## WHAT IS REQUIRED:
If a line in the entries contains the word "ghost", list it.

## DATA SHOWN:
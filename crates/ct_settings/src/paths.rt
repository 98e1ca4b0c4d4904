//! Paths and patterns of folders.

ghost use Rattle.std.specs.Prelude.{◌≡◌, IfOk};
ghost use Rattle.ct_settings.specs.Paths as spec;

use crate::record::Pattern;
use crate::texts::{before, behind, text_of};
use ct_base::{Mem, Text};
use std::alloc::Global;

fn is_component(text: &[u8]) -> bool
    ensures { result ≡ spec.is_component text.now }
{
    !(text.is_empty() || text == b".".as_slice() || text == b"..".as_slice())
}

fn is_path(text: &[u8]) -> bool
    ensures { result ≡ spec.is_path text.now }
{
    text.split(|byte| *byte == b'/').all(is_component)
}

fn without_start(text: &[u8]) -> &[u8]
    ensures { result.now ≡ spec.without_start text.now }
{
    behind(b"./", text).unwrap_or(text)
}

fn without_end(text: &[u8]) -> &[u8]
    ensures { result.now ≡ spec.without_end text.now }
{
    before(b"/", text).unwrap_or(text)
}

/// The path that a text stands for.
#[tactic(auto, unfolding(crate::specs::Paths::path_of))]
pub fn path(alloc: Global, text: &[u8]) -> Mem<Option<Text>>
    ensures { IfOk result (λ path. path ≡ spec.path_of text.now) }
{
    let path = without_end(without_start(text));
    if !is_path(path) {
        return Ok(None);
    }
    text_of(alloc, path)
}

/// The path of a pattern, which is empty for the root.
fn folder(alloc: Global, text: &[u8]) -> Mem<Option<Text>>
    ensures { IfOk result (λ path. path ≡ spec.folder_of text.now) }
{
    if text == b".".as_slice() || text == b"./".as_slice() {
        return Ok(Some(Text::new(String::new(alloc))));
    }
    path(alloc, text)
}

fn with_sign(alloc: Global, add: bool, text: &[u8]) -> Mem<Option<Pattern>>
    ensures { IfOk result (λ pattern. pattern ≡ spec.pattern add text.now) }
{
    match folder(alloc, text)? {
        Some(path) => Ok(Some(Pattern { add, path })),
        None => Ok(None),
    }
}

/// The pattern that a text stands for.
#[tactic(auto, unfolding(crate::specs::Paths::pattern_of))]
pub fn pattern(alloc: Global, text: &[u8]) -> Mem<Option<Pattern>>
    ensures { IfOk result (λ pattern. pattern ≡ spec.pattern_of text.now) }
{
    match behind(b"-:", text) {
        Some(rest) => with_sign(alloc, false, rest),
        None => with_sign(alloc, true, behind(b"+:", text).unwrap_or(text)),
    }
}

## REPLY:
ghost use Rattle.std.specs.Prelude.{◌≡◌, IfOk};
ghost use Rattle.ct_settings.specs.Paths as spec;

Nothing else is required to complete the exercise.